And you know, and there's a lot of us, so we're gonna, you know, swarm the guy. And, um, that's generally what happens. Usually you don't find just one or two larvae on. Mouse or on a person, usually. In the case of our colleague, you know, she had hundreds of them, so she ran into a whole pack. As if you remember, we were flagging down that path and, and we didn't just find one or two.

We found, you know, clusters of these larva, right? They were just everywhere. So that's the strategy of a, of a larval tick. The, the strategy of a nymphal tick is a little bit similar. They, they tend to stay where the humidity is the highest, and so they tend to get on the animals that are in that same space.

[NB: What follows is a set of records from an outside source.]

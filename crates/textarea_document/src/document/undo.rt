//! Undoing and redoing one edit, in a document or in a draft of one.
ghost use Rattle.std.specs.Prelude.{◌≡◌, IfOk, IsOk, None, OnErr, OnOk, is_some};
ghost use Rattle.textarea_document.specs.ChangeLog.{changes_of};
ghost use Rattle.textarea_document.specs.RangeHistory.{past_of, ranges_of};
ghost use Rattle.textarea_document.specs.Prelude.{AreInOrder, AreValid, Fits, applied_to, lines, moved_ranges, place_after, ranges_or, with_splice, IsSoundInside, after_redo, after_undo, document_of, edit_redone, edit_undone, newest, newest_group, next, next_group};

use crate::document::changes::ChangeLog;
use crate::document::range_history::RangeHistory;
use crate::document::{Document, make_change};
use std::alloc::AllocError;
use textarea_data::range::AtomicRange;
use textarea_history::edit::Change;
use textarea_history::history::History;
use textarea_lines::text_layout::TextLayout;

impl Document {
    // Undoes the newest edit, if there is one, which is a group by itself.
    pub(super) fn undo_edit(&mut self) -> Result<bool, AllocError>
        requires { newest_group self.old.log ≡ 1 }
        ensures undone { IfOk result (λ found. found ≡ is_some (newest self.old.log)) }
        ensures ok { OnOk result (self.new ≡ after_undo self.old) }
        ensures err { OnErr result (self.new ≡ self.old) }
        ensures nothing { newest self.old.log ≡ None → IsOk result }
    {
        undo_edit(
            &mut self.text_layout,
            &mut self.cursor,
            &mut self.anchor,
            &mut self.ranges,
            &mut self.history,
            &mut self.changes,
            &self.range_history,
        )
    }

    // Redoes the edit that was undone last, if there is one, which is a group by itself.
    pub(super) fn redo_edit(&mut self) -> Result<bool, AllocError>
        requires { next_group self.old.log ≡ 1 }
        ensures redone { IfOk result (λ found. found ≡ is_some (next self.old.log)) }
        ensures ok { OnOk result (self.new ≡ after_redo self.old) }
        ensures err { OnErr result (self.new ≡ self.old) }
        ensures nothing { next self.old.log ≡ None → IsOk result }
    {
        redo_edit(
            &mut self.text_layout,
            &mut self.cursor,
            &mut self.anchor,
            &mut self.ranges,
            &mut self.history,
            &mut self.changes,
            &self.range_history,
        )
    }
}

// Undoes the newest edit of a document's parts, and returns whether there was one. Out of memory
// changes nothing.
pub(crate) fn undo_edit(
    text_layout: &mut TextLayout,
    cursor: &mut (usize, usize),
    anchor: &mut Option<(usize, usize)>,
    ranges: &mut Vec<AtomicRange>,
    history: &mut History,
    changes: &mut ChangeLog,
    range_history: &RangeHistory,
) -> Result<bool, AllocError>
    requires { IsSoundInside (document_of text_layout.old cursor.old anchor.old ranges.old.items
        history.old.log (changes_of changes.old) (past_of range_history.now)) }
    ensures undone { IfOk result (λ found. found ≡ is_some (newest history.old.log)) }
    ensures ok { OnOk result (document_of text_layout.new cursor.new anchor.new ranges.new.items
        history.new.log (changes_of changes.new) (past_of range_history.now)
        ≡ edit_undone (document_of text_layout.old cursor.old anchor.old ranges.old.items
        history.old.log (changes_of changes.old) (past_of range_history.now))) }
    ensures err { OnErr result (document_of text_layout.new cursor.new anchor.new ranges.new.items
        history.new.log (changes_of changes.new) (past_of range_history.now)
        ≡ document_of text_layout.old cursor.old anchor.old ranges.old.items
        history.old.log (changes_of changes.old) (past_of range_history.now)) }
    ensures nothing { newest history.old.log ≡ None → IsOk result }
{
    let Some(edit) = history.newest() else {
        return Ok(false);
    };
    let past = range_history.before_newest(history)?;
    let after = make_change(text_layout, ranges, changes, edit.inverse())?;
    *cursor = after;
    put_past(ranges, past);
    history.step_back();
    *anchor = None;
    Ok(true)
}

// Redoes the edit that was undone last, and returns whether there was one. Out of memory changes
// nothing.
pub(crate) fn redo_edit(
    text_layout: &mut TextLayout,
    cursor: &mut (usize, usize),
    anchor: &mut Option<(usize, usize)>,
    ranges: &mut Vec<AtomicRange>,
    history: &mut History,
    changes: &mut ChangeLog,
    range_history: &RangeHistory,
) -> Result<bool, AllocError>
    requires { IsSoundInside (document_of text_layout.old cursor.old anchor.old ranges.old.items
        history.old.log (changes_of changes.old) (past_of range_history.now)) }
    ensures redone { IfOk result (λ found. found ≡ is_some (next history.old.log)) }
    ensures ok { OnOk result (document_of text_layout.new cursor.new anchor.new ranges.new.items
        history.new.log (changes_of changes.new) (past_of range_history.now)
        ≡ edit_redone (document_of text_layout.old cursor.old anchor.old ranges.old.items
        history.old.log (changes_of changes.old) (past_of range_history.now))) }
    ensures err { OnErr result (document_of text_layout.new cursor.new anchor.new ranges.new.items
        history.new.log (changes_of changes.new) (past_of range_history.now)
        ≡ document_of text_layout.old cursor.old anchor.old ranges.old.items
        history.old.log (changes_of changes.old) (past_of range_history.now)) }
    ensures nothing { next history.old.log ≡ None → IsOk result }
{
    let Some(edit) = history.next() else {
        return Ok(false);
    };
    let past = range_history.before_next(history)?;
    let after = make_change_from(past, text_layout, ranges, changes, edit.change())?;
    *cursor = after;
    history.step_forward();
    *anchor = None;
    Ok(true)
}

// Replaces the ranges by the remembered ones, if there are any.
fn put_past(ranges: &mut Vec<AtomicRange>, past: Option<Vec<AtomicRange>>)
    ensures { ranges.new.items ≡ ranges_or (ranges_of past) ranges.old.items }
{
    if let Some(past) = past {
        *ranges = past;
    }
}

// Makes a change as `make_change` does. Before it the ranges are replaced by the remembered ones, if
// there are any. Out of memory changes nothing.
fn make_change_from(
    past: Option<Vec<AtomicRange>>,
    text_layout: &mut TextLayout,
    ranges: &mut Vec<AtomicRange>,
    changes: &mut ChangeLog,
    change: Change<'_>,
) -> Result<(usize, usize), AllocError>
    requires fits { Fits text_layout.old.text change }
    requires valid { AreValid (lines text_layout.old.text)
        (ranges_or (ranges_of past) ranges.old.items) }
    requires in_order { AreInOrder (ranges_or (ranges_of past) ranges.old.items) }
    ensures cursor { IfOk result (λ cursor. cursor ≡ place_after change.entry) }
    ensures text_layout { OnOk result (text_layout.new ≡ applied_to text_layout.old change.entry) }
    ensures ranges { OnOk result (ranges.new.items
        ≡ moved_ranges (ranges_or (ranges_of past) ranges.old.items) change.entry) }
    ensures layout_stays { OnErr result (text_layout.new ≡ text_layout.old) }
    ensures changes { OnOk result (changes_of changes.new
        ≡ with_splice (changes_of changes.old) text_layout.old.text change.entry) }
    ensures ranges_stay { OnErr result (ranges.new.items ≡ ranges.old.items) }
    ensures changes_stay { OnErr result (changes_of changes.new ≡ changes_of changes.old) }
{
    let Some(mut past) = past else {
        return make_change(text_layout, ranges, changes, change);
    };
    let after = make_change(text_layout, &mut past, changes, change)?;
    *ranges = past;
    Ok(after)
}
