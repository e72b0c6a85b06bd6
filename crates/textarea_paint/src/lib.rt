//! Draws into the cells of a screen: lines of styled text, row by row, and blocks.
#![tactic(auto)]

pub mod laws;
pub mod paint;
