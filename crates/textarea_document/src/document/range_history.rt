//! The atomic ranges that are remembered for undo and redo: those before each of the newest edits.
ghost use Rattle.std.specs.Prelude.{◌≡◌, ◌≤◌, IfOk, IfSome, drop, map, slice_get};
ghost use Rattle.std.specs.VecDeque.{deque_capacity, deque_len};
ghost use Rattle.textarea_document.specs.Prelude.{as_nanos, IsWellFormed, no_past_ranges, past_ranges_set, ranges_before_newest, ranges_before_next, ranges_to_remember, undo_ranges_set, with_newest};
ghost use Rattle.textarea_document.specs.RangeHistory.{HasRoomForRanges, past_of, ranges_of};

use crate::document::Document;
use std::alloc::{AllocError, Global};
use std::collections::VecDeque;
use std::time::Duration;
use textarea_data::range::AtomicRange;
use textarea_history::edit::Edit;
use textarea_history::history::History;

/// Whether ranges are remembered, and the ranges before each of the newest edits of a history, done
/// or undone, the newest edit first.
#[derive(Drop)]
pub(crate) struct RangeHistory {
    on: bool,
    before: VecDeque<Vec<AtomicRange>>,
}

impl RangeHistory {
    /// Returns a list that remembers ranges or not, and has none yet.
    pub(crate) fn new(alloc: Global, on: bool) -> RangeHistory
        ensures { past_of result ≡ no_past_ranges on }
    {
        RangeHistory {
            on,
            before: VecDeque::new(alloc),
        }
    }

    /// Returns whether ranges are remembered.
    pub(crate) fn is_on(&self) -> bool
        ensures { result ≡ (past_of self.now).on }
    {
        self.on
    }

    /// Sets whether ranges are remembered from now on; if not, forgets all.
    pub(crate) fn set_on(&mut self, on: bool)
        ensures { past_of self.new ≡ past_ranges_set (past_of self.old) on }
    {
        if !on {
            self.before.clear();
        }
        self.on = on;
    }

    /// Forgets all ranges.
    pub(crate) fn forget(&mut self)
        ensures { past_of self.new ≡ no_past_ranges (past_of self.old).on }
    {
        self.before.clear();
    }

    /// Returns a copy.
    pub(crate) fn copied(&self) -> Result<RangeHistory, AllocError>
        ensures { IfOk result (λ copy. past_of copy ≡ past_of self.now) }
    {
        Ok(RangeHistory {
            on: self.on,
            before: self.before.clone()?,
        })
    }

    /// Returns a copy of the ranges, if they are to be remembered before this edit, and reserves room
    /// for it.
    pub(crate) fn prepare(
        &mut self,
        ranges: &Vec<AtomicRange>,
        history: &History,
        edit: &Edit,
        typed: bool,
        now: Duration,
    ) -> Result<Option<Vec<AtomicRange>>, AllocError>
        requires { IsWellFormed edit.now }
        ensures same { past_of self.new ≡ past_of self.old }
        ensures kept { IfOk result (λ kept. ranges_of kept ≡ ranges_to_remember (past_of self.old)
            ranges.now.items history.now.log edit.now.splice typed (as_nanos now)) }
        ensures room { IfOk result (λ kept. IfSome kept (λ _. HasRoomForRanges self.new)) }
    {
        if !self.on || history.joins(edit, typed, now) {
            return Ok(None);
        }
        self.before.reserve(1)?;
        Ok(Some(ranges.clone()?))
    }

    /// Remembers what was prepared: the lists of the undone edits, `undone` in number, are dropped,
    /// and at most `done` lists stay.
    pub(crate) fn remember(&mut self, kept: Option<Vec<AtomicRange>>, undone: usize, done: usize)
        requires { IfSome kept (λ _. HasRoomForRanges self.old) }
        ensures { past_of self.new ≡ with_newest (past_of self.old) (ranges_of kept) undone done }
    {
        if let Some(ranges) = kept {
            drop_newest(&mut self.before, undone);
            self.before.push_front_reserved(ranges);
            self.before.truncate(done);
        }
    }

    /// Returns a copy of the ranges before the newest done edit, if they are remembered.
    pub(crate) fn before_newest(
        &self,
        history: &History,
    ) -> Result<Option<Vec<AtomicRange>>, AllocError>
        ensures { IfOk result (λ ranges.
            ranges_of ranges ≡ ranges_before_newest (past_of self.now) history.now.log) }
    {
        copy_at(&self.before, history.undone_len())
    }

    /// Returns a copy of the ranges before the edit that was undone last, if they are remembered.
    pub(crate) fn before_next(
        &self,
        history: &History,
    ) -> Result<Option<Vec<AtomicRange>>, AllocError>
        ensures { IfOk result (λ ranges.
            ranges_of ranges ≡ ranges_before_next (past_of self.now) history.now.log) }
    {
        copy_at(&self.before, history.undone_len().saturating_sub(1))
    }
}

// Returns a copy of the list at the index, if there is one.
fn copy_at(
    before: &VecDeque<Vec<AtomicRange>>,
    index: usize,
) -> Result<Option<Vec<AtomicRange>>, AllocError>
    ensures { IfOk result (λ ranges. ranges_of ranges
        ≡ slice_get (map (λ ranges. ranges.items) before.now.items) index) }
{
    let Some(ranges) = before.get(index) else {
        return Ok(None);
    };
    Ok(Some(ranges.clone()?))
}

fn drop_newest(before: &mut VecDeque<Vec<AtomicRange>>, count: usize)
    ensures items { before.new.items ≡ drop count before.old.items }
    ensures capacity { deque_capacity before.new ≡ deque_capacity before.old }
    ensures fewer { deque_len before.new ≤ deque_len before.old }
{
    for _ in 0..count {
        before.pop_front();
    }
}

impl Document {
    /// Returns whether ranges are remembered for undo and redo.
    pub fn undo_ranges(&self) -> bool
        ensures { result ≡ self.now.past_ranges.on }
    {
        self.range_history.is_on()
    }

    /// Sets whether ranges are remembered from now on. An undo of an edit since then leaves exactly
    /// the ranges that were there before the edit, and a redo those after it, unless ranges were set
    /// or cleared in between. Each list of ranges takes memory, and each such edit a copy.
    pub fn set_undo_ranges(&mut self, on: bool)
        ensures { self.new ≡ undo_ranges_set self.old on }
    {
        self.range_history.set_on(on);
    }
}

So if you're in the northeastern United States, you. In that space where that leaf litter is and it's humid. You've got mice, you've got chipmunks, you've got certain species of birds that are kind of rooting and browsing through the leaf litter, looking for something to eat, and those end up being the animals that these nymphs get on.

But if you were in the southeastern United States, That same space. It turns out that, that because of the dryness, the nymphs go just a little bit lower in the leaf pack. And the animals that they most likely encounter, there are, um, animals and um, lizards. Right. And it turns out that animals and lizards aren't

Mary Collins: an.

Dr. Thomas Mather: An animal is like a chameleon or

Mary Collins: Oh, so really like one of those, those little geckoy

Dr. Thomas Mather: yeah, exactly.

Mary Collins: I didn't, so those actually ticks will go for them.

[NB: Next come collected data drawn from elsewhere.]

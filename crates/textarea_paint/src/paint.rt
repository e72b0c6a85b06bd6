//! Functions that draw into the cells of a buffer.

pub mod block;
mod cells;
mod clusters;
pub mod columns;
mod letters;
pub mod row;
mod simple;
pub mod text;
mod units;

pub use block::draw_block;
pub use row::{RowArea, draw_row, row_start};
pub use text::DrawText;
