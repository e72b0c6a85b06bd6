//! The symbol after the cursor.
ghost use Rattle.std.specs.Prelude.{◌≡◌, ◌≤◌, IfSome, MatchOption, ◌∷◌, ◌+◌, drop, take, encode_utf8_all, length, option_map};
ghost use Rattle.textarea_document.specs.Prelude.{chars, offset_at, lines_of, symbol_in, text_of, IsPlace, IsPlaceOf, index_of, cursor_index, IsSymbolAfter, next_place};

use crate::document::Document;
use textarea_text::places::line_of;

// The symbol after a position, and its end: a character, or `None` for the break between two lines.
#[derive(Clone, Copy)]
pub(super) struct SymbolAfter {
    pub(super) end: (usize, usize),
    pub(super) character: Option<char>,
}

impl Document {
    // Returns the symbol after the cursor; `None` at the text's end. Of a long line only the text
    // from the nearest known position on is read.
    pub(super) fn symbol_after_cursor(&self) -> Option<SymbolAfter>
        ensures symbol { MatchOption result (cursor_index self.now ≡ length self.now.text)
            (λ after. IsSymbolAfter self.now.text self.now.cursor after.end
            (symbol_in after.character)) }
        ensures next { option_map (λ after. after.end) result
            ≡ next_place self.now.text self.now.cursor }
        ensures place { IfSome result (λ after. IsPlace self.now.text after.end) }
    {
        let cursor = self.cursor();
        let offset = self.text_layout.offset_of(cursor);
        symbol_after(self.lines(), cursor, offset)
    }
}

// Returns the symbol after the position, at byte `offset` of its line; `None` at the text's end.
fn symbol_after(lines: &[String], place: (usize, usize), offset: usize) -> Option<SymbolAfter>
    requires place { IsPlaceOf (lines_of lines.now) place }
    requires offset { offset ≡ offset_at (lines_of lines.now) place }
    ensures { MatchOption result (index_of (text_of lines.now) place ≡ length (text_of lines.now))
        (λ after.
        IsSymbolAfter (text_of lines.now) place after.end (symbol_in after.character)) }
{
    let (row, column) = place;
    if let Some(c) = character_after(line_of(lines, row), column, offset) {
        return Some(SymbolAfter {
            end: (row, column + 1),
            character: Some(c),
        });
    }
    if row + 1 == lines.len() {
        return None;
    }
    Some(SymbolAfter {
        end: (row + 1, 0),
        character: None,
    })
}

// Returns the character after the column of a line, at byte `offset`; `None` at the line's end.
fn character_after(line: &str, column: usize, offset: usize) -> Option<char>
    requires column { column ≤ length (chars line.now) }
    requires offset { offset ≡ length (encode_utf8_all (take column (chars line.now))) }
    ensures { MatchOption result (column ≡ length (chars line.now))
        (λ c. drop column (chars line.now) ≡ c ∷ drop (column + 1) (chars line.now)) }
{
    line[offset..].chars().next()
}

Dr. Thomas Mather: They will. And in fact, that's the one of the most common hosts for larval black legged ticks in the southeast. But the good news is that those animals don't carry the germ that causes Lyme disease. So those larvae feeding on their preferred hosts don't.

They're bitting a host that doesn't give. The germs that cause Lyme disease. Whereas in the Northeast we don't have as many animals and lizards and so forth and so, and the ticks can come up just a fraction higher in the leaf litter where they're gonna end up running into mice and chipmunks. And they do carry the germ that causes Lyme disease.

And so that's why there's a, actually a difference in the risk for Lyme disease between the south and the north because the, in the number of ticks that pick up an infection in the north is much higher than the nu, than the proportion of ticks that pick up an infection in the south

Mary Collins: because the ho it's all

Dr. Thomas Mather: because they're on a different host.

Mary Collins: so then, so then again, so then going kind of back to protection, that's where Treated shoes, socks,

Dr. Thomas Mather: Right. So knowing the season that you're in and knowing where the ticks are in that season, so the larvae are out in August, let's say, you don't want larval bites because they're gonna make you itchy. , then you should be wearing treated shoes because that's the first place that those ticks are likely to get on you.

And then they'll crawl. They'll crawl up your legs. So you should be wearing treated socks and you know, wouldn't be a bad idea in case you didn't have treated shoes or treated socks, maybe to be thinking about wearing treated pants as well. So from the ground up, these ticks are getting from the protection needs to be from the ground up, you know?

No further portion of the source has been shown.